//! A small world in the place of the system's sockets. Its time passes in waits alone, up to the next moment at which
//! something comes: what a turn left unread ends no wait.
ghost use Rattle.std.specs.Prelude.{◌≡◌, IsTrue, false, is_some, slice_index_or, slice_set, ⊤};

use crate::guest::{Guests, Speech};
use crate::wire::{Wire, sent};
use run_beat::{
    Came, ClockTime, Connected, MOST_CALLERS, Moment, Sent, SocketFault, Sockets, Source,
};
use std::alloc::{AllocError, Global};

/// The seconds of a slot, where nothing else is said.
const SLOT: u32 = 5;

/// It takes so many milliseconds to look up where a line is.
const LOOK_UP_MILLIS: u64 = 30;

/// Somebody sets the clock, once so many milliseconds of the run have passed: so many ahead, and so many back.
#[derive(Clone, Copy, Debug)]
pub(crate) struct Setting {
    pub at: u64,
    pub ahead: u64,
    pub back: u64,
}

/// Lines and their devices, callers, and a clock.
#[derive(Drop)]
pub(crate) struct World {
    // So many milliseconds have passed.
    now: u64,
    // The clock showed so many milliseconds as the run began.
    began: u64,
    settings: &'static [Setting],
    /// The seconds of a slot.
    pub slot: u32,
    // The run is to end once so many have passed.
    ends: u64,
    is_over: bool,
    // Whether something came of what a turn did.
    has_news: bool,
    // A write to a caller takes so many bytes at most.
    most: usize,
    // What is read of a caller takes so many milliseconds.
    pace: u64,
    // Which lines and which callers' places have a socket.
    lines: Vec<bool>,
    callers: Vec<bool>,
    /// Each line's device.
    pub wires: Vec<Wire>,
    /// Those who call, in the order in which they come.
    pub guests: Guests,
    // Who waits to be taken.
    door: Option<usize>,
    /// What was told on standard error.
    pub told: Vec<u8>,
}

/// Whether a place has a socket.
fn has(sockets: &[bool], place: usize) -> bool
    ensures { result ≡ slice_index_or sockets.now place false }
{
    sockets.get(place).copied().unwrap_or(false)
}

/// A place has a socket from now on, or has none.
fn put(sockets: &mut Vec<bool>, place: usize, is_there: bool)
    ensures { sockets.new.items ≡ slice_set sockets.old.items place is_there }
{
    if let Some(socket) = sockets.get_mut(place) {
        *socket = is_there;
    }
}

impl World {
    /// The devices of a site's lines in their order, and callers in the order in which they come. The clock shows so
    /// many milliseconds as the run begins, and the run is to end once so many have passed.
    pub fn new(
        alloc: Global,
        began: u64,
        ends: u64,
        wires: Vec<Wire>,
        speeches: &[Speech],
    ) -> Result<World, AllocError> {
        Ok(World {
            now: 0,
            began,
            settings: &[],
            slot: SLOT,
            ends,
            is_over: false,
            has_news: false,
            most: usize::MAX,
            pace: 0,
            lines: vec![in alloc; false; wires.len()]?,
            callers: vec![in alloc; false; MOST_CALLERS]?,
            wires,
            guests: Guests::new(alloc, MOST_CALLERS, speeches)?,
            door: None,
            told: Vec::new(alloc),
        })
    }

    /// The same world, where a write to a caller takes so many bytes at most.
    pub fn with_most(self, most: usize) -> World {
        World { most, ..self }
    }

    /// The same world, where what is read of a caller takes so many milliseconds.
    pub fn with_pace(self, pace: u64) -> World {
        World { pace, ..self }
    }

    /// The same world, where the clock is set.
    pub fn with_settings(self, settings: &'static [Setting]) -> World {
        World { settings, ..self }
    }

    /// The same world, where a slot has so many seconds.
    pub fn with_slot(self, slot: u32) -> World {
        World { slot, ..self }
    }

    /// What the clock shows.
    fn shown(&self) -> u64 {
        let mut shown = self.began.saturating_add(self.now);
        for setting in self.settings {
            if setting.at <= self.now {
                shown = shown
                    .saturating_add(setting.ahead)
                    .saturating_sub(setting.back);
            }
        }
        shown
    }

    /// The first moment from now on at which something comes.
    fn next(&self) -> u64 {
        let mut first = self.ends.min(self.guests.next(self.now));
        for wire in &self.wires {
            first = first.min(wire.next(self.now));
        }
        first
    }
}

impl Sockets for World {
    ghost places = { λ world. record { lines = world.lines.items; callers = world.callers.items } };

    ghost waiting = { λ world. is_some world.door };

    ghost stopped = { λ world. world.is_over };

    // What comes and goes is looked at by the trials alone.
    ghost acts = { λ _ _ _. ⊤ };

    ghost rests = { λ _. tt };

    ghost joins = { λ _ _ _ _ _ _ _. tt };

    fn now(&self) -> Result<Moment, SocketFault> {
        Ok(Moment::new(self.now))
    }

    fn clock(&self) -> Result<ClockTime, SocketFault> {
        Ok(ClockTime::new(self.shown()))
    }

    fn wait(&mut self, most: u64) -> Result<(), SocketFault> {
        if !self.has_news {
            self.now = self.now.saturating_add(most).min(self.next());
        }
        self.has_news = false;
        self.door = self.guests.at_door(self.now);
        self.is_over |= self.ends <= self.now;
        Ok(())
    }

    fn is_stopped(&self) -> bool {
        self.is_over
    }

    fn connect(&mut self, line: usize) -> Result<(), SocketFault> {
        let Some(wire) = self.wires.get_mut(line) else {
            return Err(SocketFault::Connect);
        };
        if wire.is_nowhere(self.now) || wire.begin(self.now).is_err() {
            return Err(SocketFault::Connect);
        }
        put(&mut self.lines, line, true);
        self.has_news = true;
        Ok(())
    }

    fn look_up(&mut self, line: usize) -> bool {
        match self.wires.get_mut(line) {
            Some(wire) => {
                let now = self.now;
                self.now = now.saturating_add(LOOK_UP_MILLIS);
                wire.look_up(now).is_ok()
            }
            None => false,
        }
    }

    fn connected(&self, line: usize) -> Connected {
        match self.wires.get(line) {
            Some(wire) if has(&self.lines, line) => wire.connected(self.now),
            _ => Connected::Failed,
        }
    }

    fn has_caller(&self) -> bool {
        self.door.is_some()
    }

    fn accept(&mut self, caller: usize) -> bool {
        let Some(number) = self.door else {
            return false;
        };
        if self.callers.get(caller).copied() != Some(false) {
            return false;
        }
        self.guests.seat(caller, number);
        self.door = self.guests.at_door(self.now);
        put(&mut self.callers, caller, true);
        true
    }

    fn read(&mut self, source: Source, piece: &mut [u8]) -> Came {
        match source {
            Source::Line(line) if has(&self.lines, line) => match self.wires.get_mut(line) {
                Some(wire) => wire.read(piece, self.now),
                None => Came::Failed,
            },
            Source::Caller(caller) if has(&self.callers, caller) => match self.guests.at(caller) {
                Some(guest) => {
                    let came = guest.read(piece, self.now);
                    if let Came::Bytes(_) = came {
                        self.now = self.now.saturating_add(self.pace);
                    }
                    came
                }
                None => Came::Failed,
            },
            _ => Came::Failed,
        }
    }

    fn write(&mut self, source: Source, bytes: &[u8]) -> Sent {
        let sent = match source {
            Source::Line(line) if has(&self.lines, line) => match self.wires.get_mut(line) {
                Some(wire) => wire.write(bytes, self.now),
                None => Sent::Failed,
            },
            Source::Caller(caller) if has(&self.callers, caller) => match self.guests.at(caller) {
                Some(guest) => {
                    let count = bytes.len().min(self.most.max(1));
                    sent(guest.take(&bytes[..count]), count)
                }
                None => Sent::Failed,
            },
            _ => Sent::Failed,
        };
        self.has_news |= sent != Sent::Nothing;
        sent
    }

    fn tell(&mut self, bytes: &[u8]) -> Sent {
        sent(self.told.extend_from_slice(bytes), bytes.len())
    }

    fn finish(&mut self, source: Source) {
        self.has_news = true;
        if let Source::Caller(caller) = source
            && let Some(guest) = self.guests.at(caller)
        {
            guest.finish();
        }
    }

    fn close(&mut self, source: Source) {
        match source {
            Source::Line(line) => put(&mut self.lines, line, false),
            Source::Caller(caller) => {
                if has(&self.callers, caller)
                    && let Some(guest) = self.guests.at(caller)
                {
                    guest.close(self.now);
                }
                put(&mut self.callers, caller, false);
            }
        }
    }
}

________________

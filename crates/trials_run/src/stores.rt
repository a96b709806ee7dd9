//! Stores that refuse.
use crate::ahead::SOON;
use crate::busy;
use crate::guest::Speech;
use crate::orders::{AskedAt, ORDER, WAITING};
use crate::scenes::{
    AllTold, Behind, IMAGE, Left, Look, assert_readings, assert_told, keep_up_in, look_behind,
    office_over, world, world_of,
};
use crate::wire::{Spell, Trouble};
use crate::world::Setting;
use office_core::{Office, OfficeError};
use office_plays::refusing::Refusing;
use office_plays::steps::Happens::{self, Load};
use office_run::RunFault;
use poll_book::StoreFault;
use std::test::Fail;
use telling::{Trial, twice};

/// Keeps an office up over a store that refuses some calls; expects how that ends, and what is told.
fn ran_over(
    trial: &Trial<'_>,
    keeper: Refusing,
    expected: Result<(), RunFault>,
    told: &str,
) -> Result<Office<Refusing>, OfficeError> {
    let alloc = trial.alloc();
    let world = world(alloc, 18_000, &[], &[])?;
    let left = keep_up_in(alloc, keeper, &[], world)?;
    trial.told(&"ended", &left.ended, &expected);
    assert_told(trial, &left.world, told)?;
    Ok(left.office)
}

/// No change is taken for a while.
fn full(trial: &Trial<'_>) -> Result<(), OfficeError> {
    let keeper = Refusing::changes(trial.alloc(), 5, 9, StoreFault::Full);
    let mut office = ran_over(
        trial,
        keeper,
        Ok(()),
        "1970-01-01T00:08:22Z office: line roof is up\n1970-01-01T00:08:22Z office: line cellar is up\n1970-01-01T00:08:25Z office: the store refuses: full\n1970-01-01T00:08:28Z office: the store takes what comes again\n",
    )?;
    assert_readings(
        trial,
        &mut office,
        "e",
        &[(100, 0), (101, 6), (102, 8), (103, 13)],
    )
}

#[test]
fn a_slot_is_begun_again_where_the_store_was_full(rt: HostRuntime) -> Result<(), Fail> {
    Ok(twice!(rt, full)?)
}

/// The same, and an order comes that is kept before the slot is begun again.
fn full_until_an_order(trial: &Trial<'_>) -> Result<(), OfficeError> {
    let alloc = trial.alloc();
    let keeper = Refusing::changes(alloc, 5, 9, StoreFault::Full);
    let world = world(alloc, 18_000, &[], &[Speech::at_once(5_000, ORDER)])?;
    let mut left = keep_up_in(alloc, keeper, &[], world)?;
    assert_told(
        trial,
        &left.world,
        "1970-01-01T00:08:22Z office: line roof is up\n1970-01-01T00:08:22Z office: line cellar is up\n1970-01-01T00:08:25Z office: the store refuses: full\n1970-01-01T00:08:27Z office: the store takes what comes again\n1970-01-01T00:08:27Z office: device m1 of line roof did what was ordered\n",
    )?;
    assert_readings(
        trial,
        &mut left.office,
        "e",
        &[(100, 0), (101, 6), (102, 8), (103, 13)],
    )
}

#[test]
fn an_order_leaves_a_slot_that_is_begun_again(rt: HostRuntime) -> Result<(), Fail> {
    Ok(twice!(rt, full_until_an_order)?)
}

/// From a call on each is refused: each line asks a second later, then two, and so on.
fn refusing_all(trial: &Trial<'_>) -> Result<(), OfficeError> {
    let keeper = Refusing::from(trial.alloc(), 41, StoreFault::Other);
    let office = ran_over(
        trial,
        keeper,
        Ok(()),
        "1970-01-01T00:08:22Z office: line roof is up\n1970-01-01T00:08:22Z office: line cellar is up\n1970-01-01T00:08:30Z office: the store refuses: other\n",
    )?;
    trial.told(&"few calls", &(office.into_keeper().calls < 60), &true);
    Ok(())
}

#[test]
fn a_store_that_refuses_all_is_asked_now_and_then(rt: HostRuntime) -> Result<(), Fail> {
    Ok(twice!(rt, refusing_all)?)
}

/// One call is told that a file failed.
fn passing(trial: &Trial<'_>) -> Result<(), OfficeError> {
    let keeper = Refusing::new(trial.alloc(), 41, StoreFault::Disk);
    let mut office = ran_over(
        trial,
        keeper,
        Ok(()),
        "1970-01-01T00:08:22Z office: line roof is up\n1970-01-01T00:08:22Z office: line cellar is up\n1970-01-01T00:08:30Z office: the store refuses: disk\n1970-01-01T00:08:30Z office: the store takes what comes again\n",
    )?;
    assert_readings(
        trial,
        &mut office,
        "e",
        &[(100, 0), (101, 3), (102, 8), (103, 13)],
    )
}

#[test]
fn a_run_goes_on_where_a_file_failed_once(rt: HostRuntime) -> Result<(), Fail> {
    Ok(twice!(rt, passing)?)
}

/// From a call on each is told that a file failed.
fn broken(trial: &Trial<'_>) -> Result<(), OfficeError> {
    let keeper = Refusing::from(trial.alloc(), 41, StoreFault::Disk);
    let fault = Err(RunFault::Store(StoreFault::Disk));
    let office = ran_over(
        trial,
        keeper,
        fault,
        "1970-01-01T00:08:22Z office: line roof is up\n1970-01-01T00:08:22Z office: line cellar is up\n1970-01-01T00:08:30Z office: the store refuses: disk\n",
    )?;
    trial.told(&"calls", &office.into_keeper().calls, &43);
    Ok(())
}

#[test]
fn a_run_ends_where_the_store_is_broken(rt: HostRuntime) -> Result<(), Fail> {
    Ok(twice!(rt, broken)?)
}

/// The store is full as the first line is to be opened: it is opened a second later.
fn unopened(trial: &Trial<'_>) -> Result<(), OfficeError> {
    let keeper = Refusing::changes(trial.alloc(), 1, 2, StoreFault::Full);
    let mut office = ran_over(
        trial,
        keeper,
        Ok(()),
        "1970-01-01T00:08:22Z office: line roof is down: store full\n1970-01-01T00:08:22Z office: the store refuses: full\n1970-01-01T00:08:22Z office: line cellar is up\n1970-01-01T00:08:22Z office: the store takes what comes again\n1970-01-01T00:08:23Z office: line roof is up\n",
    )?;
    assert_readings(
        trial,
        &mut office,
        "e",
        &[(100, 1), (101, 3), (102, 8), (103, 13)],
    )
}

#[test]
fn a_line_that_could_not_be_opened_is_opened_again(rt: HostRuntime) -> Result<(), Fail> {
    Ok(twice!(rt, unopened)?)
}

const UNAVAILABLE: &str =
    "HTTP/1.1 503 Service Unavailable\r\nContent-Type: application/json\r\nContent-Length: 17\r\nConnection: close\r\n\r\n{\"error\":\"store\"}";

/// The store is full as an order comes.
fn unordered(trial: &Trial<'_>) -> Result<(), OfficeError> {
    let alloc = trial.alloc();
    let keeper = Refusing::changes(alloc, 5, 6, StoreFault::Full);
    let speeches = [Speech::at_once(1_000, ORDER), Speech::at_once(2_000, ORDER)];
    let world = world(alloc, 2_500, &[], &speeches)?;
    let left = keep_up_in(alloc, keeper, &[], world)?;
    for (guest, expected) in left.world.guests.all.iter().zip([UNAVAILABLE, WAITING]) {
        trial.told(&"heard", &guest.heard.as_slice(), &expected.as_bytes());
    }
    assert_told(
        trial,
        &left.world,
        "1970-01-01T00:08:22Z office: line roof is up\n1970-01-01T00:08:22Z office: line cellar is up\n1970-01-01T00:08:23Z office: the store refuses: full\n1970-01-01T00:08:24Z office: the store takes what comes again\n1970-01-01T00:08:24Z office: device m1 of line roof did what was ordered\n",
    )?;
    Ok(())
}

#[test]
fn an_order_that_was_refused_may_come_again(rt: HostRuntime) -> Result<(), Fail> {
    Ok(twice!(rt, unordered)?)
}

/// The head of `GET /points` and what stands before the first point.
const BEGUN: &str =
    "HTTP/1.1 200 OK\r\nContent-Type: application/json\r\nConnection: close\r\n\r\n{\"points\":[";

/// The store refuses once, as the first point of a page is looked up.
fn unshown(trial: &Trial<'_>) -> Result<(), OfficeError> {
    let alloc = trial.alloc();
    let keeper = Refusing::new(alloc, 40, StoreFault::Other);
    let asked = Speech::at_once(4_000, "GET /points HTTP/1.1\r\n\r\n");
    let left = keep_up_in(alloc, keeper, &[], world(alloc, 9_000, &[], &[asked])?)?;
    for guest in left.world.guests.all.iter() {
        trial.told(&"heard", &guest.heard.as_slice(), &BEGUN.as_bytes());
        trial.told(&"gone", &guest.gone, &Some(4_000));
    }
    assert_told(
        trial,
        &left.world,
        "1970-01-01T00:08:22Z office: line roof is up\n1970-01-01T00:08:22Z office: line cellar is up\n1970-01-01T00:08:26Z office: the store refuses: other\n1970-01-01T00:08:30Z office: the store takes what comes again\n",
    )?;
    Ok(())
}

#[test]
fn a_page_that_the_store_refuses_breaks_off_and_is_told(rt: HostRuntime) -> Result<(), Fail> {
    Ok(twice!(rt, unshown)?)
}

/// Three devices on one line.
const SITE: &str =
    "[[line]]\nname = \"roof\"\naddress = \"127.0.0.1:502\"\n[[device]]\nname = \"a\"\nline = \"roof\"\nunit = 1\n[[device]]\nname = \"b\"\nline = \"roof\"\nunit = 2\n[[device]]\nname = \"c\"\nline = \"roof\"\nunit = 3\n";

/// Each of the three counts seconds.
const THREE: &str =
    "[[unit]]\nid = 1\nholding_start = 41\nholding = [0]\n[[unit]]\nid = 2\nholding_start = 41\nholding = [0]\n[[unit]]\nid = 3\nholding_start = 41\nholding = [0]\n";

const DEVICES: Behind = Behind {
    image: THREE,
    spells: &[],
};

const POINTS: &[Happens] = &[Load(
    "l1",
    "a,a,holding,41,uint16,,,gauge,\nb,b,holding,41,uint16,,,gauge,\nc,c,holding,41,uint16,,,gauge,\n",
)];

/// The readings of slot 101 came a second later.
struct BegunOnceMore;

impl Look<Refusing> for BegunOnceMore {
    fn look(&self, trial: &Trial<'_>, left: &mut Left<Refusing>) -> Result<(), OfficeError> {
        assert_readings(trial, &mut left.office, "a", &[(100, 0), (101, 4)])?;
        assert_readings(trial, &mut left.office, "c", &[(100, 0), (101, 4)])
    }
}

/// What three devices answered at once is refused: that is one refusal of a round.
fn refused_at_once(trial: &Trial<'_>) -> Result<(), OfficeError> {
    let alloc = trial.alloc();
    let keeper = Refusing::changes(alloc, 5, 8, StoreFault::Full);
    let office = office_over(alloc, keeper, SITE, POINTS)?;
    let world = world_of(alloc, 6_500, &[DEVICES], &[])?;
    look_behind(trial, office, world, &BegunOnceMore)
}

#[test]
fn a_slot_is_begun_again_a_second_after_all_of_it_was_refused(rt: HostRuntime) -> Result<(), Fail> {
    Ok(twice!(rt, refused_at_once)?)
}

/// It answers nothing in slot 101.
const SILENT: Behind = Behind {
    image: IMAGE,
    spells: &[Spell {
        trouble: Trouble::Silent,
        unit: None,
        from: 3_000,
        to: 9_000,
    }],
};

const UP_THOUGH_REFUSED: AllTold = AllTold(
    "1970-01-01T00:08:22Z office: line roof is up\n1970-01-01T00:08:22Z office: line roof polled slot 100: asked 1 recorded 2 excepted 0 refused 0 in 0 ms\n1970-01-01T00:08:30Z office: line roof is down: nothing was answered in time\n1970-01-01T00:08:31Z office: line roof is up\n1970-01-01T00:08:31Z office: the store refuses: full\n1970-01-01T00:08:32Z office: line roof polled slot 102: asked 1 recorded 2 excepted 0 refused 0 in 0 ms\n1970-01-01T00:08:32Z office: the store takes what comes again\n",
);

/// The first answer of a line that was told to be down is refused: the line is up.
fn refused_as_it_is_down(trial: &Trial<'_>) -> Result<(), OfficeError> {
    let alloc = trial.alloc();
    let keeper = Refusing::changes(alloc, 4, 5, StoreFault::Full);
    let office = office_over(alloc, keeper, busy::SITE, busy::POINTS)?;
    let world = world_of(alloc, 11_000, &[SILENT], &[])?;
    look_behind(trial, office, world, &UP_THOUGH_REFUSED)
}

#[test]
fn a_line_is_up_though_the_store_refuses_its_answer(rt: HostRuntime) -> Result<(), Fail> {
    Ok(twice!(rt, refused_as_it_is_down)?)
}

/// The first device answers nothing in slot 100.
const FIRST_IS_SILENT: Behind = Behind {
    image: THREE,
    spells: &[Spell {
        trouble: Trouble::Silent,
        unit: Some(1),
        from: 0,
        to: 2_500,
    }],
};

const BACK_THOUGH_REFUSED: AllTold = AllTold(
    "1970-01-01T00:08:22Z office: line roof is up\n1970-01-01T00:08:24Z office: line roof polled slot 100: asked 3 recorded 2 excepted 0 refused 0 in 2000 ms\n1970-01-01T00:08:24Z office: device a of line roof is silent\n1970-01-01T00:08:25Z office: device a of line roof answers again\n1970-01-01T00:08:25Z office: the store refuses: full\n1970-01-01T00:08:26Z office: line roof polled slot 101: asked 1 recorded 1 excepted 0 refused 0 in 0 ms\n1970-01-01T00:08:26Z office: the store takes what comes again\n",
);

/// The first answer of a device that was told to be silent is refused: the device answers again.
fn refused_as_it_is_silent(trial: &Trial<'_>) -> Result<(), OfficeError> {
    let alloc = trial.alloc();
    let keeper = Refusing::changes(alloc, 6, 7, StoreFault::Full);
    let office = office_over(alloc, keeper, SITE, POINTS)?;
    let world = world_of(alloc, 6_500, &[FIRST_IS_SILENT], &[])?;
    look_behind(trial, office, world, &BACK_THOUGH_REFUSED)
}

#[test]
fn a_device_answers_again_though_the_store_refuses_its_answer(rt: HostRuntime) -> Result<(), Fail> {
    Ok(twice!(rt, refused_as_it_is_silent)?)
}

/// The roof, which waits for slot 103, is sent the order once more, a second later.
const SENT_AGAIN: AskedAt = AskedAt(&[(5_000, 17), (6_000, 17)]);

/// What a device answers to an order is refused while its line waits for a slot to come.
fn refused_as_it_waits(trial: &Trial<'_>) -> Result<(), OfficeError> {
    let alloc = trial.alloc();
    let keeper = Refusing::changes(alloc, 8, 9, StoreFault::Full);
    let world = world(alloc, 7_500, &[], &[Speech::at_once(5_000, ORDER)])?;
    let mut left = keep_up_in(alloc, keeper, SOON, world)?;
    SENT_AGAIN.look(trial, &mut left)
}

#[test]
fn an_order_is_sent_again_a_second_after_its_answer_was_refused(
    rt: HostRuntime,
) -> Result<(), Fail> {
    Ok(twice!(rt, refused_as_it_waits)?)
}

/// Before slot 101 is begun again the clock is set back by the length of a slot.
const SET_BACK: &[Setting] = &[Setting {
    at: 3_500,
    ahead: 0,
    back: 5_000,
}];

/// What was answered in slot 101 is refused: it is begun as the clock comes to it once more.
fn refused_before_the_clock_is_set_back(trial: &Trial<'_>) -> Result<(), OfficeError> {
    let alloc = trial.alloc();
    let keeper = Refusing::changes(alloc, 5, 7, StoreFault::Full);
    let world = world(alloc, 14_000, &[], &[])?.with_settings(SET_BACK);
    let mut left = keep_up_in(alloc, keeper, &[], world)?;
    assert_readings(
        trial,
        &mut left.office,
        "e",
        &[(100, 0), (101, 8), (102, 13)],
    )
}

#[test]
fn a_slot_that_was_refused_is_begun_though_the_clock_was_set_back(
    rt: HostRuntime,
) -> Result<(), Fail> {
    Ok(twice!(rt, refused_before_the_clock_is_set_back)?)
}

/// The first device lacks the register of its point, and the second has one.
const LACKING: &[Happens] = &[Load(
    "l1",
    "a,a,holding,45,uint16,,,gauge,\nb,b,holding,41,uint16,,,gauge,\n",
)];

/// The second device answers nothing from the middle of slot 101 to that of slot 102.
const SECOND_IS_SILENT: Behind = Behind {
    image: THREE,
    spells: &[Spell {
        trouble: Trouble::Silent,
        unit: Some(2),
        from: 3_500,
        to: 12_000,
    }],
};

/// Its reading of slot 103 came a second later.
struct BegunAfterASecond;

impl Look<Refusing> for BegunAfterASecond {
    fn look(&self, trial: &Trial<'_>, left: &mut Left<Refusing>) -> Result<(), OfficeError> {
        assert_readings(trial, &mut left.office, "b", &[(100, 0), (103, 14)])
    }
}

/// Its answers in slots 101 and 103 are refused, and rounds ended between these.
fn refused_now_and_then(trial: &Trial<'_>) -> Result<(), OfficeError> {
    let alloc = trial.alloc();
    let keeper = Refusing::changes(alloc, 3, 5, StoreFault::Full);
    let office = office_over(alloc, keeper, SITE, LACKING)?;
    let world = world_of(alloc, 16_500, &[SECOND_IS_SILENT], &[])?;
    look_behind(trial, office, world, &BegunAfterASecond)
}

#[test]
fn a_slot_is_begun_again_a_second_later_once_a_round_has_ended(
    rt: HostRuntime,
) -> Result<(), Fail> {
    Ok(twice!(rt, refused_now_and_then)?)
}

________________

:: Instructions for the task ::
Extract every line containing the string "LACKING" from the data above.

:: Final answer ::
const LACKING: &[Happens] = &[Load(
    let office = office_over(alloc, keeper, SITE, LACKING)?;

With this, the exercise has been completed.